Task brief: Your output should be one number, which is how many lines in the material contain "Whether".

──────── Available data ────────

//! Types: a typed program never gets stuck.

mod laws;

pub use laws::{examples, typed_expressions, typed_programs};
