// The sorts of quantity that a host counts in. They are never added to each other unconverted.
// All signed arithmetic of the library is here.
#![tactic(auto)]

ghost use Rattle.std.specs.Prelude.{◌≡◌, ◌^◌, pos, nat_abs, ◌+ℤ◌, ◌-ℤ◌, ◌*ℤ◌, ◌≤ℤ◌, ◌<ℤ◌};
ghost use Rattle.std.specs.Int.{w64};
ghost use Rattle.std.proofs.Common.{SFits};
ghost use Rattle.quantity.specs.Quantity.{
  add_units,
  sub_units,
  div_units,
  millis,
  add_millis,
  sub_millis,
  half_millis,
  fall_seconds,
  units_per_milli,
  to_units,
  count_millis,
  whole_millis,
};
ghost use Rattle.quantity.specs.Words.{to_word, of_word, bits16, signed16, word};

use std::ops::{Add, Sub};

// Units and milliseconds are added and subtracted alike, each to its own: so each has operators of its own.

// Clock units: 65,536 of them are a millisecond.
#[repr(C)]
#[derive(Clone, Copy, PartialEq, Eq, PartialOrd, Ord)]
pub struct Units(pub i64);

// Milliseconds.
#[repr(C)]
#[derive(Clone, Copy, PartialEq, Eq, PartialOrd, Ord)]
pub struct Millis(pub i64);

// A count of milliseconds of 16 bits: what the 1000 Hz counter of a crystal clock shows.
#[repr(C)]
#[derive(Clone, Copy)]
pub struct Count(pub u16);

// Seconds.
#[repr(C)]
#[derive(Clone, Copy)]
pub struct Seconds(pub u16);

// A signed 16-bit word of milliseconds, as links, entries and packets hold it: TSP and OFFSET.
#[repr(C)]
#[derive(Clone, Copy, PartialEq, Eq)]
pub struct Word(pub i16);

impl Add for Units {
    type Output = Units;

    ghost can_add = { λ a b. SFits w64 (a.0 +ℤ b.0) };

    ghost add_gives = { λ a b r. r ≡ add_units a b };

    fn add(self, other: Units) -> Units {
        Units(self.0 + other.0)
    }
}

impl Sub for Units {
    type Output = Units;

    ghost can_sub = { λ a b. SFits w64 (a.0 -ℤ b.0) };

    ghost sub_gives = { λ a b r. r ≡ sub_units a b };

    fn sub(self, other: Units) -> Units {
        Units(self.0 - other.0)
    }
}

impl Add for Millis {
    type Output = Millis;

    ghost can_add = { λ a b. SFits w64 (a.0 +ℤ b.0) };

    ghost add_gives = { λ a b r. r ≡ add_millis a b };

    fn add(self, other: Millis) -> Millis {
        Millis(self.0 + other.0)
    }
}

impl Sub for Millis {
    type Output = Millis;

    ghost can_sub = { λ a b. SFits w64 (a.0 -ℤ b.0) };

    ghost sub_gives = { λ a b r. r ≡ sub_millis a b };

    fn sub(self, other: Millis) -> Millis {
        Millis(self.0 - other.0)
    }
}

impl Units {
    // A 128th, rounded down.
    pub fn share(self) -> Units
        ensures { result ≡ div_units self 128 }
    {
        Units(self.0 >> 7)
    }

    // The units of a number of milliseconds. Not a `From`: it asks that they fit.
    pub fn of_millis(m: Millis) -> Units
        requires { SFits w64 (m.0 *ℤ pos units_per_milli) }
        ensures { result ≡ to_units m }
    {
        Units(m.0 * 65536)
    }
}

impl Millis {
    // Half, rounded down.
    pub fn half(self) -> Millis
        ensures { result ≡ half_millis self }
    {
        Millis(self.0 >> 1)
    }

    // The whole milliseconds of a number of units, rounded down. Not a `From`: the rest is lost.
    pub fn whole(u: Units) -> Millis
        ensures { result ≡ whole_millis u }
    {
        Millis(u.0 >> 16)
    }

    // The count, unsigned, as a packet has it. Not a `TryFrom`: a caller whose time is in range has no failure to handle.
    pub fn unsigned(self) -> u32
        requires pos_bound { (pos 0) ≤ℤ self.0 }
        requires self_bound { self.0 <ℤ (pos (2 ^ 32)) }
        ensures { result ≡ nat_abs self.0 }
    {
        self.0 as u32
    }

    // The low 16 bits, as an unsigned number.
    pub fn bits(self) -> u16
        ensures { result ≡ bits16 self.0 }
    {
        (self.0.cast_unsigned() % 65536) as u16
    }
}

// A signed count of milliseconds.
impl From<i32> for Millis {
    ghost from_gives = { λ n m. m ≡ millis n };

    fn from(n: i32) -> Millis {
        Millis(i64::from(n))
    }
}

// An unsigned count of milliseconds, as a packet has it.
impl From<u32> for Millis {
    ghost from_gives = { λ n m. m ≡ millis (pos n) };

    fn from(n: u32) -> Millis {
        Millis(i64::from(n))
    }
}

// A counter's count.
impl From<Count> for Millis {
    ghost from_gives = { λ n m. m ≡ count_millis n };

    fn from(n: Count) -> Millis {
        Millis(i64::from(n.0))
    }
}

impl From<Word> for Millis {
    ghost from_gives = { λ w m. m ≡ of_word w };

    fn from(w: Word) -> Millis {
        Millis(i64::from(w.0))
    }
}

impl Seconds {
    // One less, unless zero.
    pub fn fall(self) -> Seconds
        ensures { result ≡ fall_seconds self }
    {
        Seconds(self.0.saturating_sub(1))
    }
}

impl Word {
    // The low 16 bits of a number of milliseconds, signed.
    pub fn of_millis(m: Millis) -> Word
        ensures { result ≡ to_word m }
    {
        Word::of_bits(m.bits())
    }

    // 16 bits, read as signed. Not a `From`: from 32,768 on the number is another.
    pub fn of_bits(n: u16) -> Word
        ensures { result ≡ word (signed16 n) }
    {
        Word(n.cast_signed())
    }

    // The 16 bits, as an unsigned number.
    pub fn bits(self) -> u16
        ensures { result ≡ bits16 self.0 }
    {
        self.0.cast_unsigned()
    }
}
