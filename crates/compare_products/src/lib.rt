// Lines about product searches. crates/compare/data/searches.txt tells what stands in them.
#![tactic(auto)]

ghost use Rattle.std.specs.Prelude.{◌+◌, ◌≤◌, length};

use compare_indexes::inner::Asked;
use compare_lines::inner::words_same;
use compare_lines::{OLD_HALF, OLD_WORD, narrow};
use limits::Refusal;
use search_product_forms::inner::LentForms;
use search_product_trial::inner::{Found, Search};

// 16 NV W, the points' words, the target, W2 W3 LIMIT, the row, ANSWER A B
pub fn product_same(line: &[u64]) -> bool {
    if line.len() < 3 {
        return false;
    }
    if 6 < line[1] {
        return false;
    }
    let nv = line[1] as usize;
    let at = 3 + 16 * nv;
    if line.len() != at + 38 {
        return false;
    }
    let mut lengths = [0u32; 479];
    let mut ops = [0u8; 2874];
    let mut operands = [0u64; 2874];
    let mut rows = [0u64; 7664];
    let count = compare_banks::inner::bank_of(
        &mut lengths,
        &mut ops,
        &mut operands,
        &mut rows,
        line,
        nv,
    );
    search_is(line, at + 16, count, &lengths, &ops, &operands, &rows)
}

// Whether the search over these atoms and their index, of at most 500 pairs and of its own width, answers as stands from `at` on.
fn search_is(
    line: &[u64],
    at: usize,
    count: usize,
    lengths: &[u32],
    ops: &[u8],
    operands: &[u64],
    rows: &[u64],
) -> bool
    requires { (at ≤ 500) × (at + 22 ≤ length line.now) }
{
    let mut pairs = [OLD_HALF; 1500];
    let mut pair_rows = [OLD_WORD; 8000];
    let mut order = [OLD_HALF; 500];
    let asked = Asked {
        w: narrow(line[at]),
        count,
        limit: line[at + 2] as usize,
    };
    let Some(n) = compare_indexes::inner::built_index(
        &mut pairs,
        &mut pair_rows,
        &mut order,
        asked,
        rows,
    ) else {
        return false;
    };
    let row = compare_lines::inner::row_at(line, at + 3);
    let forms = LentForms {
        count,
        lengths,
        ops,
        operands,
        n,
        pairs: &pairs,
    };
    let r = search_product::product_search(&Search {
        forms,
        atoms: rows,
        listed: &pair_rows,
        order: &order,
        target: &row,
        w: narrow(line[at + 1]),
    });
    product_is(r, line, at + 19)
}

// Whether the answer is the one from `at` on.
fn product_is(r: Result<Option<Found>, Refusal>, line: &[u64], at: usize) -> bool
    requires { at + 3 ≤ length line.now }
{
    match r {
        Ok(Some(Found::Atoms(a, b))) => words_same(&[1, a.0 as u64, b.0 as u64], line, at),
        Ok(Some(Found::AtomPair(a, s))) => words_same(&[2, a.0 as u64, s.0 as u64], line, at),
        Ok(None) => words_same(&[0, 0, 0], line, at),
        Err(_) => false,
    }
}

// 17 W COUNT LENGTHSLEN OPSLEN OPERANDSLEN ATOMSLEN N PAIRSLEN LISTEDLEN ORDERLEN WORD SWAP BADATOM LENGTH OP OPERAND BADPAIR GATE B C REFUSAL
pub fn product_refusal_same(line: &[u64]) -> bool {
    if line.len() != 22 {
        return false;
    }
    let mut lengths = [1u32; 8000];
    let mut ops = [255u8; 8000];
    let mut operands = [0u64; 8000];
    let mut pairs = [0u32; 8000];
    zero_formulas(&mut ops);
    put_atom(&mut lengths, &mut ops, &mut operands, line);
    put_pair(&mut pairs, line);
    let order = compare_lines::zero_order(line[12]);
    product_refusal(&lengths, &ops, &operands, &pairs, &order, line) == line[21]
}

// Makes each atom's first token the constant 0.
fn zero_formulas(ops: &mut [u8]) {
    for i in (0..ops.len()).step_by(6) {
        ops[i] = 0;
    }
}

// The recorded length and the first token of one atom.
fn put_atom(lengths: &mut [u32], ops: &mut [u8], operands: &mut [u64], line: &[u64])
    requires { (22 ≤ length line.now) × (479 ≤ length lengths.old) × (2874 ≤ length ops.old) × (2874 ≤ length operands.old) }
{
    if line[13] < 479 {
        let k = line[13] as usize;
        lengths[k] = narrow(line[14]);
        ops[6 * k] = compare_lines::opcode(line[15]);
        operands[6 * k] = line[16];
    }
}

// The words of one pair.
fn put_pair(pairs: &mut [u32], line: &[u64])
    requires { 22 ≤ length line.now }
{
    if line[17] < 500 {
        let at = 3 * line[17] as usize;
        put_half(pairs, at, narrow(line[18]));
        put_half(pairs, at + 1, narrow(line[19]));
        put_half(pairs, at + 2, narrow(line[20]));
    }
}

fn put_half(s: &mut [u32], at: usize, value: u32) {
    if at < s.len() {
        s[at] = value;
    }
}

// The refusal of a search over parts of the arrays, as long as the line says; 0 for none. All rows are zeros.
fn product_refusal(
    lengths: &[u32],
    ops: &[u8],
    operands: &[u64],
    pairs: &[u32],
    order: &[u32],
    line: &[u64],
) -> u64
    requires { 22 ≤ length line.now }
{
    let rows = [0u64; 8000];
    let mut target = [0u64; 16];
    target[15] = line[11];
    let forms = LentForms {
        count: line[2] as usize,
        lengths: compare_lines::first(lengths, line[3]),
        ops: compare_lines::first(ops, line[4]),
        operands: compare_lines::first(operands, line[5]),
        n: line[7] as usize,
        pairs: compare_lines::first(pairs, line[8]),
    };
    let r = search_product::product_search(&Search {
        forms,
        atoms: compare_lines::first(&rows, line[6]),
        listed: compare_lines::first(&rows, line[9]),
        order: compare_lines::first(order, line[10]),
        target: &target,
        w: narrow(line[1]),
    });
    compare_lines::refusal_of(r)
}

────────

Answer to the problem: 2